TX5EU 2026 DXpedition to Raivavae Island, **OC-114**, within the Austral Islands, providing a detailed account of the German/Dutch team's operations. The resource outlines the participation of operators such as DL2AWG Guenter, PA2KW Evert, and DK2AMM Ernoe, who engaged in CW, SSB, RTTY, and various digital modes. It documents the real-world challenges encountered, including significant equipment failures and antenna damage to 80/60m, 30m, and 10m verticals due to adverse storm conditions. The page offers timely news updates on the expedition's progress, noting repairs to a power amplifier's 10/12m bandpass filter, which enabled three stations to utilize amplification. Earlier reports highlighted power failures and the loss of multiple power amplifiers, necessitating one station to operate barefoot FT-8 with 100W. The team's persistent efforts to repair antennas as weather permits are also detailed, reflecting the dynamic nature of remote island operations.

This page provides a detailed instructions on how to setup the KX3 transceiver with the Win-Test software. How to configure the contest logging software Win-Test to be use with the Elecraft KX3 transceiver for CW. Using only the dedicated Elecraft KXUSB cable between the radio and the computer, enabling to send CAT commands and pre recorded CW messages with the F1 to F7 keys.
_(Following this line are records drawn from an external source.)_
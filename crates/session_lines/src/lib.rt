//! The lines of a session: a line as it is read into a command, and an answer as it is written.
//!
//! It knows nothing of documents: text comes in, a command goes out, and back.
#![tactic(auto)]

mod anchor_text;
mod answer;
mod answer_line;
mod change_list;
mod changes;
mod command;
mod document_list;
mod documents;
mod edits;
mod exported;
mod fields;
mod kind;
mod lasting_list;
mod line;
mod numbered;
mod numbers;
mod one_change;
mod peer_list;
mod peers;
mod place_list;
mod places;
mod quoted;
mod reading;
mod refusal;
mod request;
mod room;
mod several;
mod short_line;
mod span_list;
mod spans;
mod spot;
mod verb;
mod version_list;
mod versions;
mod watch;
mod watching;

pub use answer::{Answer, State};
pub use answer_line::say;
pub use change_list::ChangeList;
pub use command::Command;
pub use document_list::DocumentList;
pub use exported::Exported;
pub use lasting_list::LastingList;
pub use line::read_command;
pub use numbers::Numbers;
pub use peer_list::PeerList;
pub use place_list::PlaceList;
pub use refusal::Refusal;
pub use room::put_file_room;
pub use short_line::{SHORT, put_watched};
pub use span_list::SpanList;
pub use version_list::VersionList;
pub use watch::watch_line;
pub use watching::Watching;
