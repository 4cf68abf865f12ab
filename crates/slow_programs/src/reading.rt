//! The text, by a look at all operations.
ghost use Rattle.std.specs.Prelude.{◌≡◌, IfOk, filter, map};
ghost use Rattle.op_model.specs.Text.{is_removal_of, is_removed as is_removed_in, visible as visible_of, text as text_of, rev as rev_of};

use crate::order::walk;
use op_ids::OpId;
use op_model::{Body, Character, Op, Text};
use std::alloc::{AllocError, Global};

/// Whether some operation of the document removes the character.
pub fn is_removed(ops: &[Op], doc: u32, character: &Character) -> bool
    ensures { result ≡ is_removed_in ops.now doc character.now }
{
    ops.iter()
        .any(|op| op.doc == doc && removes(&op.body, &character.id))
}

fn removes(body: &Body, id: &OpId) -> bool
    ensures { result ≡ is_removal_of id.now body.now }
{
    match body {
        Body::Remove { target } => target.is_same(*id),
        _ => false,
    }
}

/// The characters that a reader sees, in the order of the text. An error is out of memory (1).
pub fn visible(alloc: Global, ops: &[Op], doc: u32) -> Result<Vec<Character>, AllocError>
    ensures { IfOk result (λ seen. seen.items ≡ visible_of ops.now doc) }
{
    let walked = walk(alloc, ops, doc)?;
    walked
        .iter()
        .copied()
        .filter(|character| !is_removed(ops, doc, character))
        .collect(alloc)
}

/// The text that a reader sees. An error is out of memory (1).
pub fn text(alloc: Global, ops: &[Op], doc: u32) -> Result<Text, AllocError>
    ensures { IfOk result (λ seen. seen ≡ text_of ops.now doc) }
{
    let seen = visible(alloc, ops, doc)?;
    let values = seen
        .iter()
        .map(|character| character.value)
        .collect::<Vec<char>>(alloc)?;
    Ok(Text::from(values))
}

/// How many operations the document has.
pub fn rev(ops: &[Op], doc: u32) -> usize
    ensures { result ≡ rev_of ops.now doc }
{
    ops.iter().filter(|op| op.doc == doc).count()
}
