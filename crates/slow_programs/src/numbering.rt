//! Counters and clocks, by a look at all operations.
ghost use Rattle.std.specs.Prelude.{◌≡◌, ◌≤◌, IfOk, IsErrOf};
ghost use Rattle.fixed_numbers.specs.declared.limits.TheConstants.{MAX_COUNTER};
ghost use Rattle.op_model.specs.Causality.{clock_of as clock_of_list};
ghost use Rattle.op_model.specs.Made.{greatest_counter as greatest_in};
ghost use Rattle.op_ids.specs.Clock.{IsOverfull};

use op_ids::{Clock, ClockError};
use op_model::Op;
use std::alloc::Global;

/// The greatest counter of the operations, or 0.
pub fn greatest_counter(ops: &[Op]) -> u64
    ensures value { result ≡ greatest_in ops.now }
    ensures in_range { result ≤ MAX_COUNTER }
{
    let mut greatest = 0;
    let mut i = ops.len();
    while i > 0 {
        i -= 1;
        greatest = ops[i].id.counter().max(greatest);
    }
    greatest
}

/// How many operations each replica has. `Limit` where they are more than a clock counts.
pub fn clock_of(alloc: Global, ops: &[Op]) -> Result<Clock, ClockError>
    ensures ok { IfOk result (λ clock. clock ≡ clock_of_list ops.now) }
    ensures limit { IsErrOf result ClockError.Limit → IsOverfull (clock_of_list ops.now) }
{
    let mut clock = Clock::new(alloc);
    let mut i = ops.len();
    while i > 0 {
        i -= 1;
        clock.advance(ops[i].id.replica())?;
    }
    Ok(clock)
}
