//! How much there is of what there is a limit to, as JSON.
ghost use Rattle.session_lines.specs.Counting.{said_file_room, said_room, said_taken};
ghost use Rattle.session_lines.specs.Putting.{Puts};

use crate::numbered::put_part;
use crate::quoted::put;
use fixed_numbers::limits::{
    MAX_DOCUMENTS, MAX_OPERATIONS, MAX_REPLICAS, MAX_STEPS, MAX_STREAM_LENGTH,
};
use list_counts::{FileRoom, Room};
use std::alloc::AllocError;

/// Puts how much a file has, without the closing bracket.
fn put_taken(room: &FileRoom, out: &mut Vec<u8>) -> Result<(), AllocError>
    ensures { Puts result out.old out.new (said_taken room.now) }
{
    put_part(
        b"{\"bytes\":",
        room.bytes,
        b",\"bytes_limit\":",
        MAX_STREAM_LENGTH,
        out,
    )?;
    put_part(
        b",\"documents\":",
        room.documents,
        b",\"documents_limit\":",
        MAX_DOCUMENTS as u64,
        out,
    )?;
    put_part(
        b",\"ok\":true,\"operations\":",
        room.operations,
        b",\"operations_limit\":",
        MAX_OPERATIONS as u64,
        out,
    )?;
    put_part(
        b",\"replicas\":",
        room.replicas,
        b",\"replicas_limit\":",
        MAX_REPLICAS as u64,
        out,
    )
}

/// Puts the line that says how much a file has of what there is a limit to. An error is out of
/// memory (1), and leaves some of it.
pub fn put_file_room(room: &FileRoom, out: &mut Vec<u8>) -> Result<(), AllocError>
    ensures { Puts result out.old out.new (said_file_room room.now) }
{
    put_taken(room, out)?;
    put(b"}\n", out)
}

/// Puts the answer that says how much room there is.
pub(crate) fn put_room(room: &Room, out: &mut Vec<u8>) -> Result<(), AllocError>
    ensures { Puts result out.old out.new (said_room room.now) }
{
    put_taken(&room.file, out)?;
    put_part(
        b",\"steps\":",
        room.steps,
        b",\"steps_limit\":",
        MAX_STEPS as u64,
        out,
    )?;
    put(b"}\n", out)
}
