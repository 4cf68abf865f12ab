//! What is counted of documents.
ghost use Rattle.std.specs.Prelude.{◌≡◌};

use list_counts::DocumentCounts;
use std::marker::Model;

/// What is counted of each document. Contracts see the list of it.
#[derive(Drop)]
pub struct DocumentList {
    documents: Vec<DocumentCounts>,
}

impl Model for DocumentList {
    ghost use Rattle.std.specs.Prelude.{List};
    ghost use Rattle.list_counts.specs.Documents.{Counted};

    ghost Value = { List Counted };

    ghost view = { λ d. d.documents.items };
}

impl From<Vec<DocumentCounts>> for DocumentList {
    ghost from_gives = { λ documents result. result ≡ documents.items };

    fn from(documents: Vec<DocumentCounts>) -> DocumentList {
        DocumentList { documents }
    }
}

impl DocumentList {
    /// What is counted, in rising order of the documents' numbers.
    pub fn as_slice(&self) -> &[DocumentCounts]
        ensures { result.now ≡ self.now }
    {
        &self.documents
    }
}
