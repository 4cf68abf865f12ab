//! The versions of a document, as JSON.
ghost use Rattle.std.specs.Prelude.{false};
ghost use Rattle.session_lines.specs.Counting.{said_version};
ghost use Rattle.session_lines.specs.Putting.{Puts};
ghost use Rattle.session_lines.specs.Words.{said_list};

use crate::numbered::put_numbered;
use crate::peers::put_replica;
use crate::quoted::{comma, put};
use list_counts::Version;
use std::alloc::AllocError;

/// Puts a version.
fn put_version(version: &Version, out: &mut Vec<u8>) -> Result<(), AllocError>
    ensures { Puts result out.old out.new (said_version version.now) }
{
    put_numbered(b"{\"ops\":", version.ops, b",\"replica\":", out)?;
    put_replica(version.replica, out)?;
    put_numbered(b",\"rev\":", version.rev, b"}", out)
}

/// Puts versions, and the closing bracket.
pub(crate) fn put_versions(versions: &[Version], out: &mut Vec<u8>) -> Result<(), AllocError>
    ensures { Puts result out.old out.new (said_list said_version false versions.now) }
{
    let mut later = false;
    for version in versions {
        put(comma(later), out)?;
        put_version(version, out)?;
        later = true;
    }
    put(b"]", out)
}
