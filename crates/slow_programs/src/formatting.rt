//! The marks of a character, by a look at all mark operations.
ghost use Rattle.std.specs.Prelude.{◌≡◌, ◌+◌, ◌≤◌, ◌<◌, length, IfOk, Option, Some, None, filter};
ghost use Rattle.std.specs.Option.{option_copied};
ghost use Rattle.op_model.specs.Marks.{markings as markings_of};
ghost use Rattle.op_model.specs.Places.{index_of as index_in, place as place_of};
ghost use Rattle.op_model.specs.Places.{start_place as start_place_of, end_place as end_place_of};
ghost use Rattle.op_model.specs.Places.{covers as is_covered};
ghost use Rattle.op_model.specs.Spans.{deciding as deciding_of, decided as decided_of, comment_ids as comment_ids_of, marks_of as marks_at};

use crate::rising::insert_rising;
use op_ids::OpId;
use op_model::{
    Anchor, Character, CommentId, CommentIds, End, Mark, MarkKey, Marking, Marks, Op, Start,
};
use std::alloc::{AllocError, Global};

/// The mark operations of a document. An error is out of memory (1).
pub fn markings(alloc: Global, ops: &[Op], doc: u32) -> Result<Vec<Marking>, AllocError>
    ensures { IfOk result (λ found. found.items ≡ markings_of ops.now doc) }
{
    let mut found = Vec::new(alloc);
    let mut i = ops.len();
    while i > 0 {
        i -= 1;
        if ops[i].doc == doc {
            if let Some(marking) = ops[i].marking()? {
                found.insert(0, marking)?;
            }
        }
    }
    Ok(found)
}

fn index_of(id: &OpId, characters: &[Character]) -> usize
    ensures within { result ≤ length characters.now }
    ensures there { result ≡ index_in id.now characters.now }
{
    for (i, character) in characters.iter().enumerate() {
        if character.id.is_same(*id) {
            return i;
        }
    }
    characters.len()
}

fn place(characters: &[Character], anchor: &Anchor) -> u128
    ensures { result ≡ place_of characters.now anchor.now }
{
    match anchor {
        Anchor::Before(id) => 2 * index_of(id, characters) as u128 + 1,
        Anchor::After(id) => 2 * index_of(id, characters) as u128 + 2,
    }
}

fn start_place(characters: &[Character], start: &Start) -> u128
    ensures { result ≡ start_place_of characters.now start.now }
{
    match start {
        Start::OfText => 0,
        Start::From(anchor) => place(characters, anchor),
    }
}

fn end_place(characters: &[Character], end: &End) -> u128
    ensures { result ≡ end_place_of characters.now end.now }
{
    match end {
        End::To(anchor) => place(characters, anchor),
        End::OfText => 2 * characters.len() as u128 + 1,
    }
}

fn covers(characters: &[Character], k: usize, marking: &Marking) -> bool
    ensures { result ≡ is_covered characters.now k marking.now }
{
    let before = 2 * k as u128 + 1;
    start_place(characters, &marking.start) <= before
        && before < end_place(characters, &marking.end)
}

/// Of the mark operations of a key that cover the k-th character, the one with the greatest id.
fn deciding<'a>(
    characters: &[Character],
    markings: &'a [Marking],
    k: usize,
    key: &MarkKey,
) -> Option<&'a Marking>
    ensures { option_copied result ≡ deciding_of characters.now markings.now k key.now }
{
    let mut best = None;
    let mut i = markings.len();
    while i > 0 {
        i -= 1;
        let marking = &markings[i];
        if marking.key.is_same(key) && covers(characters, k, marking) {
            best = Some(marking.greater(best));
        }
    }
    best
}

fn decided<'a>(
    characters: &[Character],
    markings: &'a [Marking],
    k: usize,
    key: &MarkKey,
) -> Option<&'a Mark>
    ensures { option_copied result ≡ decided_of characters.now markings.now k key.now }
{
    match deciding(characters, markings, k, key) {
        Some(marking) => marking.mark.as_ref(),
        None => None,
    }
}

/// The comments that mark operations name, in rising order.
fn comment_ids(alloc: Global, markings: &[Marking]) -> Result<Vec<CommentId>, AllocError>
    ensures { IfOk result (λ ids. ids.items ≡ comment_ids_of markings.now) }
{
    let mut ids = Vec::new(alloc);
    let mut i = markings.len();
    while i > 0 {
        i -= 1;
        if let MarkKey::Comment(id) = markings[i].key {
            insert_rising(&mut ids, id)?;
        }
    }
    Ok(ids)
}

/// The marks of the k-th character of a text. An error is out of memory (1).
pub fn marks_of(
    alloc: Global,
    characters: &[Character],
    markings: &[Marking],
    k: usize,
) -> Result<Marks, AllocError>
    ensures { IfOk result (λ marks. marks ≡ marks_at characters.now markings.now k) }
{
    let link = match decided(characters, markings, k, &MarkKey::Link) {
        Some(Mark::Link(url)) => Some(url.copy()?),
        _ => None,
    };
    let comments = comment_ids(alloc, markings)?
        .iter()
        .copied()
        .filter(|id| decided(characters, markings, k, &MarkKey::Comment(*id)).is_some())
        .collect::<Vec<CommentId>>(alloc)?;
    Ok(Marks {
        strong: decided(characters, markings, k, &MarkKey::Strong).is_some(),
        em: decided(characters, markings, k, &MarkKey::Em).is_some(),
        link,
        comments: CommentIds::from(comments),
    })
}
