//! Operations that one record can hold.
ghost use Rattle.std.specs.Prelude.{◌≡◌, true, OnOk, OnErr};
ghost use Rattle.op_pieces.specs.Pieces.{Run, is_piece, longer, single};

use op_model::Op;
use std::alloc::{AllocError, Global};
use std::marker::Model;

/// Operations in a row that one record can hold: one of any kind, or a run of 2 to 256 inserts that
/// one replica typed one right behind another in one edit. It is held as its first operation and
/// the characters of the others. Contracts see just these.
#[derive(Debug, Drop)]
pub struct Piece {
    first: Op,
    others: Vec<char>,
}

impl Model for Piece {
    ghost Value = { Run };

    ghost view = { λ p. record { first = p.first; others = p.others.items } };

    ghost invariant = { λ p.
        is_piece (record { first = p.first; others = p.others.items }) ≡ true };
}

impl Piece {
    /// The piece with this first operation and these characters typed behind it: none, or up to 255
    /// behind an insert whose counter, own count and deps leave room for them. Takes no memory.
    pub fn new(first: Op, others: Vec<char>) -> Piece
        requires { is_piece (record { first = first; others = others.items }) ≡ true }
        ensures { result ≡ record { first = first; others = others.items } }
    {
        Piece { first, others }
    }

    /// The piece of one operation. Takes no memory.
    pub fn single(alloc: Global, op: Op) -> Piece
        ensures { result ≡ single op }
    {
        Piece {
            first: op,
            others: Vec::new(alloc),
        }
    }

    /// Its first operation.
    pub fn first(&self) -> &Op
        ensures { result.now ≡ self.now.first }
    {
        &self.first
    }

    /// The characters of the other operations: each is inserted right behind the one before.
    pub fn others(&self) -> &[char]
        ensures same { result.now ≡ self.now.others }
        ensures piece { is_piece self.now ≡ true }
    {
        &self.others
    }

    /// Puts a character behind the others, with which it still is a piece. An error is out of
    /// memory (1).
    pub(crate) fn grow(&mut self, value: char) -> Result<(), AllocError>
        requires { is_piece (longer self.old value) ≡ true }
        ensures grown { OnOk result (self.new ≡ longer self.old value) }
        ensures same { OnErr result (self.new ≡ self.old) }
    {
        self.others.push(value)?;
        Ok(())
    }
}
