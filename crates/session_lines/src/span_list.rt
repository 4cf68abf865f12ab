//! The spans of an answer.
ghost use Rattle.std.specs.Prelude.{◌≡◌};

use op_model::Span;
use std::marker::Model;

/// The spans of a document. Contracts see the list of them.
#[derive(Drop)]
pub struct SpanList {
    spans: Vec<Span>,
}

impl Model for SpanList {
    ghost use Rattle.std.specs.Prelude.{List};
    ghost use Rattle.op_model.specs.declared.span.Span.{Span};

    ghost Value = { List Span };

    ghost view = { λ s. s.spans.items };
}

impl From<Vec<Span>> for SpanList {
    ghost from_gives = { λ spans result. result ≡ spans.items };

    fn from(spans: Vec<Span>) -> SpanList {
        SpanList { spans }
    }
}

impl SpanList {
    /// The spans, in order.
    pub fn as_slice(&self) -> &[Span]
        ensures { result.now ≡ self.now }
    {
        &self.spans
    }
}
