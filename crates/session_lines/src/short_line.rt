//! The answers that need no memory of their own, put where there is room for them.
ghost use Rattle.std.specs.Prelude.{◌≡◌, ◌++◌, ◌+◌, ◌≤◌, length, decimal, vec_len, vec_capacity};
ghost use Rattle.session_lines.specs.Saying.{said_edited, said_status, said_refused, said_done};
ghost use Rattle.session_lines.specs.Saying.{said_watched};
ghost use Rattle.session_lines.specs.Saying.{said_refused_at, state_word};

use crate::answer::State;
use crate::refusal::Refusal;
use itoa::Buffer;

/// No short answer has more bytes, with its line feed.
pub const SHORT: usize = 128;

/// Puts bytes behind what is there, where there is room for them.
fn put(bytes: &[u8], out: &mut Vec<u8>)
    requires { vec_len out.old + length bytes.now ≤ vec_capacity out.old }
    ensures items { out.new.items ≡ out.old.items ++ bytes.now }
    ensures len { vec_len out.new ≡ vec_len out.old + length bytes.now }
    ensures capacity { vec_capacity out.old ≤ vec_capacity out.new }
{
    let _ = out.extend_from_slice(bytes);
}

/// Puts the digits of a number, at most 20.
fn put_number(number: u64, out: &mut Vec<u8>)
    requires { vec_len out.old + 20 ≤ vec_capacity out.old }
    ensures items { out.new.items ≡ out.old.items ++ decimal number }
    ensures len { vec_len out.new ≤ vec_len out.old + 20 }
    ensures capacity { vec_capacity out.old ≤ vec_capacity out.new }
{
    put(Buffer::new().format(number).as_bytes(), out);
}

/// Puts the answer to an edit.
pub(crate) fn put_edited(rev: u64, out: &mut Vec<u8>)
    requires { vec_len out.old + SHORT ≤ vec_capacity out.old }
    ensures items { out.new.items ≡ out.old.items ++ said_edited rev }
    ensures capacity { vec_capacity out.old ≤ vec_capacity out.new }
{
    put(b"{\"ok\":true,\"rev\":", out);
    put_number(rev, out);
    put(b"}\n", out);
}

/// Puts the line that tells how many settled operations a document has, one of several that are
/// watched, by its number from 1 on.
pub fn put_watched(doc: u32, rev: u64, out: &mut Vec<u8>)
    requires { vec_len out.old + SHORT ≤ vec_capacity out.old }
    ensures items { out.new.items ≡ out.old.items ++ said_watched doc rev }
    ensures capacity { vec_capacity out.old ≤ vec_capacity out.new }
{
    put(b"{\"doc\":", out);
    put_number(doc as u64, out);
    put(b",\"ok\":true,\"rev\":", out);
    put_number(rev, out);
    put(b"}\n", out);
}

/// Puts the answer that says how far a replica is.
pub(crate) fn put_status(applied: u64, settled: u64, state: State, out: &mut Vec<u8>)
    requires { vec_len out.old + SHORT ≤ vec_capacity out.old }
    ensures items { out.new.items ≡ out.old.items ++ said_status applied settled state }
    ensures capacity { vec_capacity out.old ≤ vec_capacity out.new }
{
    put(b"{\"applied\":", out);
    put_number(applied, out);
    put(b",\"ok\":true,\"settled\":", out);
    put_number(settled, out);
    put(b",\"state\":\"", out);
    put(word_of(state).as_bytes(), out);
    put(b"\"}\n", out);
}

/// Puts the answer that tells no more than that all is done.
pub(crate) fn put_done(out: &mut Vec<u8>)
    requires { vec_len out.old + SHORT ≤ vec_capacity out.old }
    ensures items { out.new.items ≡ out.old.items ++ said_done }
    ensures capacity { vec_capacity out.old ≤ vec_capacity out.new }
{
    put(b"{\"ok\":true}\n", out);
}

/// Puts the answer that says why a request isn't served.
pub(crate) fn put_refused(refusal: Refusal, out: &mut Vec<u8>)
    requires { vec_len out.old + SHORT ≤ vec_capacity out.old }
    ensures items { out.new.items ≡ out.old.items ++ said_refused refusal }
    ensures capacity { vec_capacity out.old ≤ vec_capacity out.new }
{
    put(b"{\"code\":", out);
    put_number(refusal.number() as u64, out);
    put(b",\"error\":\"", out);
    put(refusal.word().as_bytes(), out);
    put(b"\",\"ok\":false}\n", out);
}

/// Puts the answer that says which of several edits isn't made, and why.
pub(crate) fn put_refused_at(refusal: Refusal, at: u64, out: &mut Vec<u8>)
    requires { vec_len out.old + SHORT ≤ vec_capacity out.old }
    ensures items { out.new.items ≡ out.old.items ++ said_refused_at refusal at }
    ensures capacity { vec_capacity out.old ≤ vec_capacity out.new }
{
    put(b"{\"at\":", out);
    put_number(at, out);
    put(b",\"code\":", out);
    put_number(refusal.number() as u64, out);
    put(b",\"error\":\"", out);
    put(refusal.word().as_bytes(), out);
    put(b"\",\"ok\":false}\n", out);
}

/// The word of a state.
fn word_of(state: State) -> &'static str
    ensures word { result.now ≡ state_word state }
    ensures short { length result.now ≤ 8 }
{
    match state {
        State::Open => "open",
        State::Stopping => "stopping",
        State::Failed => "failed",
    }
}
The LICW Challenge is a daily event for ham radio operators, with special weekly on-air classes. It resets quarterly and covers bands from 160m to 2m, focusing on CW only. The event offers various point values based on member categories and bonus opportunities. Participants use specific calling frequencies and a CQ format to exchange information. Bonus points are awarded for specific criteria like contacts outside North America or special monthly members. The goal is to work as many LICW members as possible on different bands to earn points and bonuses.

Over 44,000 square kilometers of Scotland's natural beauty provide a unique backdrop for the _GMFF_ award program. Designed for amateur radio operators who thrive on portable operations, this program encourages activators to set up stations in designated flora and fauna areas. Participants engage in _SSB_ and _CW_ modes, making contacts from these scenic locations, which are part of the _WorldWide Flora and Fauna_ network. Activators and chasers alike benefit from the program's structure, which awards points for successful contacts. The _GMFF_ program is part of a larger global initiative, allowing operators to contribute to conservation awareness while enjoying their hobby. With a focus on environmental preservation, the program aligns amateur radio activities with ecological interests, promoting responsible and sustainable operating practices. The program's website provides resources for participants, including maps of designated areas and guidelines for operation. By participating, operators not only enjoy the challenge of portable operation but also support the conservation of natural habitats. The _GMFF_ program thus combines the thrill of amateur radio with a commitment to environmental stewardship.